My second proposal was that, in order to improve the stability of our financial system, we need to radically simplify it. I argued that financial deregulation in the last 30 years led to the proliferation of complex financial derivatives. This has created a financial system whose complexity has far outstripped our ability to control it, as dramatically demonstrated by the 2008 financial crisis.
Drawing on the works of Herbert Simon, the 1978 Nobel economics laureate and a founding father of the study of artificial intelligence, I pointed out that often the crucial constraint on good decision-making is not the lack of information but our limited mental capability, or what Simon called "bounded rationality". Given our bounded rationality, I asserted, the only way to increase the stability of our financial system is to make it simpler. And the most important action to take is to restrict, or even ban, complex and risky financial instruments through the financial world equivalent of the drugs approval procedure.
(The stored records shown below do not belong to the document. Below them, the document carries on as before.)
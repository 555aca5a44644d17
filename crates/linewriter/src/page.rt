//! The page that a report is written into.
ghost use Rattle.std.specs.Prelude.{◌≡◌, ◌≤◌, [], length};
ghost use Rattle.linewriter.specs.Pages.{Adds, page_size, written};

use arrayvec::ArrayVec;
use thiserror::Error;

// How many bytes a page holds.
pub const PAGE_SIZE: usize = 16_384;

#[derive(Drop)]
pub struct Page {
    pub(crate) bytes: ArrayVec<u8, PAGE_SIZE>,
}

// The page has no room for the line, of which nothing was written.
#[derive(Clone, Copy, Debug, PartialEq, Eq, Error)]
#[error("the page has no room for the line")]
pub struct Full;

impl Page {
    pub fn blank() -> Page
        ensures { written result ≡ [] }
    {
        Page {
            bytes: ArrayVec::new(),
        }
    }

    // What is written so far.
    pub fn as_slice(&self) -> &[u8]
        ensures value { result.now ≡ written self.now }
        ensures fits { length result.now ≤ page_size }
    {
        self.bytes.as_slice()
    }

    // Writes a text behind what is written so far.
    pub fn append(&mut self, text: &[u8]) -> Result<(), Full>
        ensures { Adds result text.now self.old self.new }
    {
        self.bytes.try_extend_from_slice(text).map_err(|_| Full)
    }
}
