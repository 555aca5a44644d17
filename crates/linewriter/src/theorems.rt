//! Theorems on the totals. Each stands on a function's contract, so that its proof is asked for.
ghost use Rattle.linewriter.specs.Counting.{TotalsAddUp};

// Every frame is counted once: as opened, as mended, or as refused.
#[tactic(auto, using(crate::proofs::Counts::totals_add_up))]
pub fn totals_add_up()
    ensures { TotalsAddUp }
{}
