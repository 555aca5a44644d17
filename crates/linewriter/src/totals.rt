//! How many frames gave each sort of line.
ghost use Rattle.linewriter.specs.Counting.{counted, open_answer, totals_of};
ghost use Rattle.std.specs.Prelude.{◌≡◌, []};

use framing::{OpenRefusal, Opened};

#[derive(Clone, Copy, Debug, Default, PartialEq, Eq)]
pub struct Totals {
    pub opened: usize,
    pub mended: usize,
    pub refused: usize,
}

impl Totals {
    // The totals of no frames.
    pub fn none() -> Totals
        ensures { result ≡ totals_of [] }
    {
        Totals::default()
    }

    // Counts what an open answered. A total that has reached the largest number stays there.
    pub fn count(&mut self, answer: &Result<Opened, OpenRefusal>)
        ensures { self.new ≡ counted self.old (open_answer answer.now) }
    {
        match answer {
            Ok(opened) => match opened.mended {
                None => self.opened = self.opened.saturating_add(1),
                Some(_) => self.mended = self.mended.saturating_add(1),
            },
            Err(_) => self.refused = self.refused.saturating_add(1),
        }
    }
}
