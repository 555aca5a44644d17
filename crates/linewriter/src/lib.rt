//! The lines of a report, written into a page of fixed size. Nothing here allocates, and a line is written whole or not at all.
#![tactic(auto)]

mod page;
mod theorems;
mod totals;
mod writing;

pub use page::{Full, PAGE_SIZE, Page};
pub use theorems::totals_add_up;
pub use totals::Totals;
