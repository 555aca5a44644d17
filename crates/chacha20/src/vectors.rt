//! The vectors of RFC 8439 as a theorem.
ghost use Rattle.chacha20.specs.Vectors.{vectors, Holds};
ghost use Rattle.std.specs.List.{AllByRecursion};
ghost use Rattle.std.specs.Prelude.{◌≡◌, length};

// How many of the RFC's vectors are listed; its contract is that the definitions of the block meet every one of them.
pub fn vectors_hold() -> usize
    ensures count { result ≡ length vectors }
    ensures hold { AllByRecursion Holds vectors }
{
    8
}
The reactions of my audience were rather surprising. Not only did nobody challenge my proposals, but many agreed with me. Yes, they said, "quarterly capitalism" has been destructive. True, they related, we've seen too many derivative products that few people understood. And, yes, many of those products have been socially harmful.

It seems that, as it is wrong to label the Occupy movement as anti-capitalist, it is misleading to characterise the financial industry as being in denial about the need for reform. I am not naive enough to think that the people who came to my lecture are typical of the financial industry. However, a surprisingly large number of them acknowledged the problems of short-termism and excessive complexity that their industry has generated to the detriment of the rest of the economy – and ultimately to its own detriment, as the financial industry cannot thrive alone.

The rest of us need to have a closer dialogue with reform-minded people in the financial industry. They are the ones who can generate greater political acceptance of reforms among their colleagues and who can also help us devise technically competent reform proposals. After all, without a degree of "changes from within", no reform can be truly durable.